What is needed: Only the lines containing "IfSome" should appear in the answer, copied from the listing below.

Task input:
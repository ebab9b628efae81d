//! What the lines of a tree are checked against.

ghost use Rattle.std.specs.Prelude.{◌≡◌};
ghost use Rattle.box_specs.specs.Span.{lists};
ghost use Rattle.box_specs.specs.Validity.{cutoff_of, matched_of};

use box_core::{Claim, Cutoff};
use price_grid::{Steps, copy_of};
use std::slice;

/// Which boxes may be too dear, the recipes that pass, and those that are undecided.
#[derive(Drop)]
pub(crate) struct Stance<'a> {
    pub cutoff: Cutoff,
    pub matched: &'a [Steps],
    pub listed: &'a [Steps],
}

/// The recipes that a claim says pass.
pub(crate) fn matched_of(claim: &Claim) -> &[Steps]
    ensures { lists result.now ≡ matched_of claim.now }
{
    match claim {
        Claim::Match(recipe) => slice::from_ref(recipe),
        Claim::NoMatch => &[],
        Claim::Floor(_) => &[],
    }
}

/// The boxes that a claim says nothing of.
pub(crate) fn cutoff_of(claim: &Claim) -> Cutoff
    ensures { result ≡ cutoff_of claim.now }
{
    match claim {
        Claim::Match(recipe) => Cutoff::After(copy_of(recipe)),
        Claim::NoMatch => Cutoff::Never,
        Claim::Floor(cost) => Cutoff::From(*cost),
    }
}
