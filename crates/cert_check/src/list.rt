//! Lists of recipes.

ghost use Rattle.std.specs.Prelude.{◌≡◌, ◌&&◌, ◌<◌, ◌≤◌, ◌+◌, None, IfSome, is_some, length, slice_index_or, false, suc, ℕ, true, []};
ghost use Rattle.box_specs.specs.Landscape.{IsLawful, is_before};
ghost use Rattle.box_specs.specs.Span.{IsWithin, lists};
ghost use Rattle.box_specs.specs.Validity.{is_early, is_in_grid, is_later, is_listed, list_failure};
ghost use Rattle.cert_check.specs.Ready.{CutoffIsWithin, IsSorted, previous_of};

use crate::grid::{count_of, is_before, is_in_box, is_same, recipe_at};
use box_core::{BoxR, Cutoff, Landscape, Why};
use price_grid::Steps;

/// Whether a recipe comes before that of the cutoff, if it has one.
fn is_early<L: Landscape>(land: &L, cutoff: &Cutoff, steps: &Steps) -> bool
    requires cut_off { CutoffIsWithin (L.land land.now) cutoff.now }
    requires recipe { IsWithin steps.now.items (L.land land.now).top }
    ensures { result ≡ is_early (L.land land.now) cutoff.now steps.now.items }
{
    match cutoff {
        Cutoff::After(recipe) => is_before(land, steps, recipe),
        Cutoff::From(_) => true,
        Cutoff::Never => true,
    }
}

/// Whether a listed recipe comes after the previous one of the list, if there is one.
fn is_later<L: Landscape>(land: &L, listed: &[Steps], i: usize) -> bool
    requires there { i < length (lists listed.now) }
    requires recipe { IsWithin (slice_index_or (lists listed.now) i []) (L.land land.now).top }
    requires previous { (k : ℕ) → k < i
        → IsWithin (slice_index_or (lists listed.now) k []) (L.land land.now).top }
    ensures { result ≡ is_later (L.land land.now)
        (previous_of (lists listed.now) i) (slice_index_or (lists listed.now) i []) }
{
    i == 0 || is_before(land, recipe_at(listed, i - 1), recipe_at(listed, i))
}

/// Whether a listed recipe is of the grid, comes after the previous one of the list, and comes
/// before the cutoff.
fn is_in_order<L: Landscape>(
    land: &L,
    top: &BoxR,
    cutoff: &Cutoff,
    listed: &[Steps],
    i: usize,
) -> bool
    requires lawful { IsLawful (L.land land.now) }
    requires top { top.now ≡ (L.land land.now).top }
    requires cut_off { CutoffIsWithin (L.land land.now) cutoff.now }
    requires there { i < length (lists listed.now) }
    requires previous { (k : ℕ) → k < i
        → IsWithin (slice_index_or (lists listed.now) k []) (L.land land.now).top }
    ensures { result ≡ is_in_grid (L.land land.now) (slice_index_or (lists listed.now) i [])
        && is_later (L.land land.now)
        (previous_of (lists listed.now) i) (slice_index_or (lists listed.now) i [])
        && is_early (L.land land.now) cutoff.now (slice_index_or (lists listed.now) i []) }
{
    let steps = recipe_at(listed, i);
    if !is_in_box(top, steps) {
        return false;
    }
    is_later(land, listed, i) && is_early(land, cutoff, steps)
}

/// The first listed recipe that is not in order. The list begins in the line of the given number.
pub(crate) fn list_failure<L: Landscape>(
    land: &L,
    cutoff: &Cutoff,
    listed: &[Steps],
    first_line: u32,
) -> Option<(u32, Why)>
    requires cut_off { CutoffIsWithin (L.land land.now) cutoff.now }
    requires few { length (lists listed.now) ≤ 1000000 }
    requires line { first_line ≤ 4000000 }
    ensures { result ≡ list_failure (L.land land.now) cutoff.now first_line None (lists listed.now) }
{
    let top = land.top();
    for i in 0..count_of(listed) {
        if !is_in_order(land, &top, cutoff, listed, i) {
            return Some((first_line + i as u32, Why::WrongList));
        }
    }
    None
}

/// The first index in a rising list whose recipe does not come before this one, or the length of
/// the list where there is none.
fn lower_bound<L: Landscape>(land: &L, listed: &[Steps], steps: &Steps) -> usize
    requires sorted { IsSorted (L.land land.now) (lists listed.now) }
    requires recipe { IsWithin steps.now.items (L.land land.now).top }
    ensures in_list { result ≤ length (lists listed.now) }
    ensures below { (k : ℕ) → k < result
        → is_before (L.land land.now) (slice_index_or (lists listed.now) k []) steps.now.items
        ≡ true }
    ensures above { (k : ℕ) → result ≤ k → k < length (lists listed.now)
        → is_before (L.land land.now) (slice_index_or (lists listed.now) k []) steps.now.items
        ≡ false }
{
    let mut low = 0;
    let mut high = count_of(listed);
    'halving: while low < high {
        let mid = low + (high - low) / 2;
        if is_before(land, recipe_at(listed, mid), steps) {
            low = mid + 1;
        } else {
            high = mid;
        }
    }
    low
}

/// The index of a recipe in a rising list.
pub(crate) fn index_of<L: Landscape>(land: &L, listed: &[Steps], steps: &Steps) -> Option<usize>
    requires sorted { IsSorted (L.land land.now) (lists listed.now) }
    requires recipe { IsWithin steps.now.items (L.land land.now).top }
    ensures listed { is_some result ≡ is_listed (lists listed.now) steps.now.items }
    ensures index { IfSome result (λ i. (i < length (lists listed.now))
        × (slice_index_or (lists listed.now) i [] ≡ steps.now.items)) }
{
    let i = lower_bound(land, listed, steps);
    if i == count_of(listed) {
        return None;
    }
    if !is_same(recipe_at(listed, i), steps) {
        return None;
    }
    Some(i)
}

Exercise answer:
ghost use Rattle.std.specs.Prelude.{◌≡◌, ◌&&◌, ◌<◌, ◌≤◌, ◌+◌, None, IfSome, is_some, length, slice_index_or, false, suc, ℕ, true, []};
    ensures index { IfSome result (λ i. (i < length (lists listed.now))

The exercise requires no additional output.